The retiring president had hoped to weather the storm, and recover his lost authority by the appointment of Guerrero as minister of war.[2] The latter part of his administration was indeed stormy, and he seems to have become bewildered, an evidence of which is the step he took in going to the ex-acordada building to parley with rebels.

The country felt the shock of the lawless acts of the mob at the capital. But the yorkinos looked at the matter in a different light, claiming that a new era of peace, prosperity, and happiness had been secured for Mexico.

Victoria's term ended on the 1st of April, 1829, and he retired from office, never again to appear in public life except in an inferior role.[3] It must be said in his favor that though he was often influenced by favorites, he never was false to his principles.
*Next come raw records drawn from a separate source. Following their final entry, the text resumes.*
//! A tree of ways.

ghost use Rattle.std.specs.Prelude.{◌≡◌, ◌<◌, [], IfOk, IsSome, List, None, OnErr, OnOk, Some, length};
ghost use Rattle.std.specs.Prelude.{option_copied, slice_get};
ghost use Rattle.memo_trie.specs.Tree.{AddsTo, Ends, Grows, IsAlike, IsTree, Reaches, Stays, Turn, key_at, key_in};
ghost use Rattle.memo_trie.specs.Tree.{next_at, next_in};
ghost use Rattle.memo_trie.specs.declared.node.Node.TheVariants.{Nothing};

use crate::fork::Fork;
use crate::node::Node;
use std::alloc::{AllocError, Global};

/// So many places there are at most before one more is made.
const MOST_BEFORE: usize = 4_294_967_295;

/// A tree of ways: at each place a question, with a branch for each number that it found, the end of a way, or nothing
/// yet. The first place is where each way begins.
#[derive(Drop)]
pub struct Trie<K, L> {
    pub nodes: Vec<Node<K, L>>,
    pub ghost tree: { IsTree nodes.items },
}

impl<K, L> Trie<K, L> {
    /// A tree without places, for which nothing is allocated.
    ///
    /// Its contract is an equation.
    pub fn new(alloc: Global) -> Trie<K, L>
        ensures { result.nodes.items ≡ [] }
    {
        Trie {
            nodes: Vec::new(alloc),
        }
    }

    /// How many places there are.
    ///
    /// Its contract is an equation.
    pub fn len(&self) -> usize
        ensures { result ≡ length self.now.nodes.items }
    {
        self.nodes.len()
    }

    /// What stands at a place, if it is one.
    ///
    /// Its contract is an equation.
    pub fn get(&self, place: usize) -> Option<&Node<K, L>>
        ensures there { option_copied result ≡ slice_get self.now.nodes.items place }
        ensures tree { IsTree self.now.nodes.items }
    {
        self.nodes.get(place)
    }
}

impl<K: Drop, L: Drop> Trie<K, L> {
    /// Makes the first place, if there is none: nothing stands there then.
    ///
    /// Its contract leaves open: how places stand in the list, as long as the same ways lead to the same ends.
    pub fn begin(&mut self) -> Result<(), AllocError>
        ensures stays { Stays self.old.nodes.items self.new.nodes.items }
        ensures ok { OnOk result (0 < length self.new.nodes.items) }
    {
        if self.nodes.is_empty() {
            self.nodes.push(Node::Nothing)?;
        }
        Ok(())
    }

    /// Asks a question at a place where nothing stands, with a branch for one number, and gives the place to which that
    /// leads. After a refusal all is as before.
    ///
    /// Its contract leaves open: which place is the new one, and how places stand in the list.
    pub fn ask(
        &mut self,
        alloc: Global,
        place: usize,
        key: K,
        number: u32,
    ) -> Result<usize, AllocError>
        requires { slice_get self.old.nodes.items place ≡ Some Nothing }
        ensures ok { IfOk result (Grows self.old.nodes.items self.new.nodes.items place
            (record { key = key; number = number })) }
        ensures err { OnErr result (self.new.nodes.items ≡ self.old.nodes.items) }
    {
        let below = self.room()?;
        self.nodes.push(Node::Nothing)?;
        self.nodes[place] = Node::Ask(Fork::new(alloc, key, number, below));
        Ok(below as usize)
    }

    /// Adds a branch for a number that the question at a place didn't find before, and gives the place to which it
    /// leads. After a refusal the same ways lead to the same ends.
    ///
    /// Its contract leaves open: which place is the new one, and how places stand in the list.
    pub fn branch(&mut self, place: usize, number: u32) -> Result<usize, AllocError>
        requires asks { IsSome (key_at self.old.nodes.items place) }
        requires free { next_at self.old.nodes.items place number ≡ None }
        ensures ok { (key : K) → key_at self.old.nodes.items place ≡ Some key
            → IfOk result (Grows self.old.nodes.items self.new.nodes.items place
            (record { key = key; number = number })) }
        ensures err { OnErr result (Stays self.old.nodes.items self.new.nodes.items) }
    {
        let below = self.room()?;
        self.nodes.push(Node::Nothing)?;
        add_branch(&mut self.nodes[place], number, below)?;
        Ok(below as usize)
    }

    // The place that the next one will be.
    fn room(&self) -> Result<u32, AllocError>
        ensures { IfOk result (λ p. p ≡ length self.now.nodes.items) }
    {
        let place = self.nodes.len();
        if place > MOST_BEFORE {
            return Err(AllocError);
        }
        Ok(place as u32)
    }

    /// Ends a way at a place where nothing stands. It takes no memory.
    ///
    /// Its contract leaves open: how places stand in the list, as long as each way leads where it is said to.
    pub fn end(&mut self, place: usize, leaf: L)
        requires { slice_get self.old.nodes.items place ≡ Some Nothing }
        ensures { (way : List (Turn K)) → Reaches self.old.nodes.items place way
            → Ends self.old.nodes.items self.new.nodes.items way leaf }
    {
        self.nodes[place] = Node::Leaf(leaf);
    }
}

// Adds a branch to a question for a number that it didn't find before. After a refusal it is as before.
fn add_branch<K, L>(node: &mut Node<K, L>, number: u32, below: u32) -> Result<(), AllocError>
    requires asks { IsSome (key_in (Some node.old)) }
    requires free { next_in (Some node.old) number ≡ None }
    ensures ok { OnOk result ((key : K) → key_in (Some node.old) ≡ Some key
        → AddsTo node.old node.new key number below) }
    ensures err { OnErr result (IsAlike (Some node.old) (Some node.new)) }
{
    match node {
        Node::Ask(fork) => fork.add(number, below),
        _ => unreachable!(),
    }
}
During his rule were founded the order of the Águila Negra, and the York rite lodges, the former by a Bethlehemite friar named Simon Cruz, whom Victoria banished to Yucatan, where he died. In the organization of the lodges Victoria really took but little

  1. Suarez y Nararro, Hist. Méx., 130.
  2. Guerrero held that office only a few days and resigned it, that he might not be suspected of looking after his personal interests. He was then given the command of the forces in Puebla, Oajaca, and Vera Cruz. Id., 131.
  3. He was governor of Puebla, which position he resigned to become a senator for Durango, his native state. In March 1839 he served as one of the two Mexican plenipotentiaries to negotiate a treaty of peace with France. Blanchard and Dauzats, San Juan de Ulúa, 493-4.